I remember the first time I was in charge of a ‘code’ – the moment a patient died – realizing that the only potential antidote to this state was.. well, me. The responsibility of that was simply indescribable. To grapple with potential finality – death itself beckoning in its victim – as you thumped on his chest, pleading him to stay, then feeling the lowest of lows as you ‘pronounced’ defeat.
If you weren’t an Imposter before, you were clearly one now. More than ever.
After training, you’re out in the real world, fending for yourself, Imposter Syndrome at an all-time high. You move through the motions, hoping – praying – that no one finds you out. De ja vu – and you’re back in grade school, except the cringe-worthy sandwich and unruly hair are replaced with stethoscope and long, white coat.
Such was my life, summed up in a few thrilling statements, in the years leading up to this moment.
I turned 40 last year.
It seemed to me like I had conquered my own apprehensions, and was now on the road to recovery; clean, I thought, from the heavy burden of this all-encompassing affliction.
That’s what I thought, at least, as I turned the corner, taking on my fifth (and should I call it fabulous?) decade. Until I took a long, hard look around me and realized that Imposter Syndrome never truly goes away. It lives in all of us. Always.
The quintessential catch of this syndrome (and I call it quintessential because the optimist in me finds it inherently necessary to find good in anything we cannot rid ourselves of) is that having it isn’t necessarily all that bad.

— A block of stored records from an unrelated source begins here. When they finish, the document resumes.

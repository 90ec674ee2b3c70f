//! The uncoupled values of the columns that a stripe fills.
//!
//! The layers that differ in the last digit alone lie side by side in a chunk, and outside the last column so do their partners' subchunks.
//! So bytes of a layer may run on into the later layers of its group.
ghost use Rattle.std.specs.Prelude.{◌≡◌, ℕ, ◌+◌, ◌-◌, ◌*◌, ◌%◌, ◌<◌, ◌≤◌, slice_index, length, bit_xor};
ghost use Rattle.clay_field.specs.Coupling.{gamma};
ghost use Rattle.clay_field.specs.Field.{product};
ghost use Rattle.clay_grid.specs.Shape.{row_count, column_count, layer_count, stripe_length};
ghost use Rattle.clay_grid.specs.Layers.{layer_of, vertex_at, partner_of};
ghost use Rattle.clay_grid.specs.Limits.{IsGeometry};
ghost use Rattle.code_laws.specs.Columns.{data_byte, uncoupled_value, first_parity, HoldsPieces};

use clay_grid::{Geometry, Vertex};
use clay_kernels::{double, uncouple};

/// The bytes from `at` on of subchunk `z` of a data chunk, as many as `len`, which may run on up to the end of the layer's group.
pub fn piece(g: Geometry, stripe: &[u8], chunk: u32, z: u32, at: usize, len: usize) -> &[u8]
    requires whole { length stripe.now ≡ stripe_length g }
    requires data { chunk < g.data_count }
    requires layer { z < layer_count g }
    requires within { at + len ≤ (row_count g - z % row_count g) * g.width }
    ensures geometry { IsGeometry g }
    ensures len { length result.now ≡ len }
    ensures bytes { (b : ℕ) → b < len → slice_index result.now b ≡ data_byte g stripe.now (at + b) chunk z }
{
    let start = (chunk as usize * g.alpha() as usize + z as usize) * g.w() as usize + at;
    &stripe[start..start + len]
}

/// Writes the bytes of a node outside the last column plus twice those of its partner.
pub fn uncouple_node(
    g: Geometry,
    stripe: &[u8],
    node: u32,
    z: u32,
    at: usize,
    theirs: &[u8],
    values: &mut [u8],
)
    requires whole { length stripe.now ≡ stripe_length g }
    requires layer { z < layer_count g }
    requires within { at + length theirs.now ≤ (row_count g - z % row_count g) * g.width }
    requires values_len { length values.old ≡ length theirs.now }
    ensures { (b : ℕ) → b < length theirs.now → slice_index values.new b
        ≡ bit_xor (data_byte g stripe.now (at + b) node z) (product gamma (slice_index theirs.now b)) }
{
    if node < g.k() {
        uncouple(piece(g, stripe, node, z, at, theirs.len()), theirs, values);
    } else {
        double(theirs, values);
    }
}

// Writes the bytes of a node outside the last column, which are 0 at a virtual one.
fn write_own(g: Geometry, stripe: &[u8], node: u32, z: u32, at: usize, out: &mut [u8])
    requires whole { length stripe.now ≡ stripe_length g }
    requires layer { z < layer_count g }
    requires within { at + length out.old ≤ (row_count g - z % row_count g) * g.width }
    ensures { (b : ℕ) → b < length out.old → slice_index out.new b ≡ data_byte g stripe.now (at + b) node z }
{
    if node < g.k() {
        out.copy_from_slice(piece(g, stripe, node, z, at, out.len()));
    } else {
        out.fill(0);
    }
}

// Writes the uncoupled value of the node in row `x` of a column other than the last, of which this is the partner, in the bytes from `at` on of
// layer `z`.
fn write_value(
    g: Geometry,
    stripe: &[u8],
    column: u32,
    x: u32,
    z: u32,
    partner: Vertex,
    at: usize,
    out: &mut [u8],
)
    requires whole { length stripe.now ≡ stripe_length g }
    requires known { column * row_count g + row_count g ≤ first_parity g }
    requires row { x < row_count g }
    requires layer { z < layer_count g }
    requires partner { vertex_at g partner.x partner.y partner.z ≡ partner_of (vertex_at g x column z) }
    requires other_row { partner.x < row_count g }
    requires other_layer { partner.z < layer_count g }
    requires within { at + length out.old ≤ (row_count g - z % row_count g) * g.width }
    ensures { (b : ℕ) → b < length out.old →
        slice_index out.new b ≡ uncoupled_value g stripe.now (at + b) (column * row_count g + x) (layer_of g z) }
{
    let first = column * g.q();
    let node = first + x;
    let other = first + partner.x;
    if partner.x == x {
        write_own(g, stripe, node, z, at, out);
    } else if other >= g.k() {
        // the partner is of a virtual node
        write_own(g, stripe, node, z, at, out);
    } else {
        let theirs = piece(g, stripe, other, partner.z, at, out.len());
        uncouple_node(g, stripe, node, z, at, theirs, out);
    }
}

/// Writes the uncoupled values of the nodes of a column other than the last in the bytes from `at` on of layer `z`, a row for each.
pub fn write_column(
    g: Geometry,
    stripe: &[u8],
    column: u32,
    z: u32,
    at: usize,
    len: usize,
    values: &mut [u8],
)
    requires whole { length stripe.now ≡ stripe_length g }
    requires known { column + 1 < column_count g }
    requires layer { z < layer_count g }
    requires within { at + len ≤ (row_count g - z % row_count g) * g.width }
    requires values_len { length values.old ≡ row_count g * len }
    ensures { HoldsPieces len (row_count g) (λ x b. uncoupled_value g stripe.now (at + b) (column * row_count g + x) (layer_of g z)) values.new }
{
    // all nodes of the column have a partner in the row that the layer's digit names
    let stride = g.stride(column);
    let digit = z / stride % g.q();
    for x in 0..g.q() {
        let from = x as usize * len;
        let partner = Vertex {
            x: digit,
            y: column,
            z: z - digit * stride + x * stride,
        };
        write_value(
            g,
            stripe,
            column,
            x,
            z,
            partner,
            at,
            &mut values[from..from + len],
        );
    }
}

Learning how to use my syndrome’s symptoms for my own benefit has, quite frankly, contributed to my path toward success. The affliction propels me forward, while also appropriately holding me back – a delicate balance that plays out constantly and allows me to find triumph somewhere in between. Embracing it has kept me humble, appreciative of the existence of bigger and better things, so that I’m never satiated by the status quo but rather continue to strive for more. Innovation starts there, at this intersection, where we constantly push ourselves onto the tips of our toes, reaching for the better us.
I suddenly understand, a 40-something professional that writes mostly unread articles like this on the side, that the syndrome is a necessary factor in helping us achieve our dreams. We don’t need to beat it at all. We just need to learn how to use it to our advantage – an art I continually try mastering as I grow more seasoned. Learning from it, in my experience, has not only made me a stronger individual, but has opened a world of new possibilities I never knew existed.
In hindsight, being an Imposter has helped me to make lemonade, when life handed me my lemons. It continues forcing me to keep squeezing, so that even when my glass is already half-full, I’ll always have room for more lemonade. In fact, I’ve decided that being an Imposter is something I never want to part with. I hope it continues holding me back, so that I push against its confines, and succeed – one kick-ass lemonade glass at a time.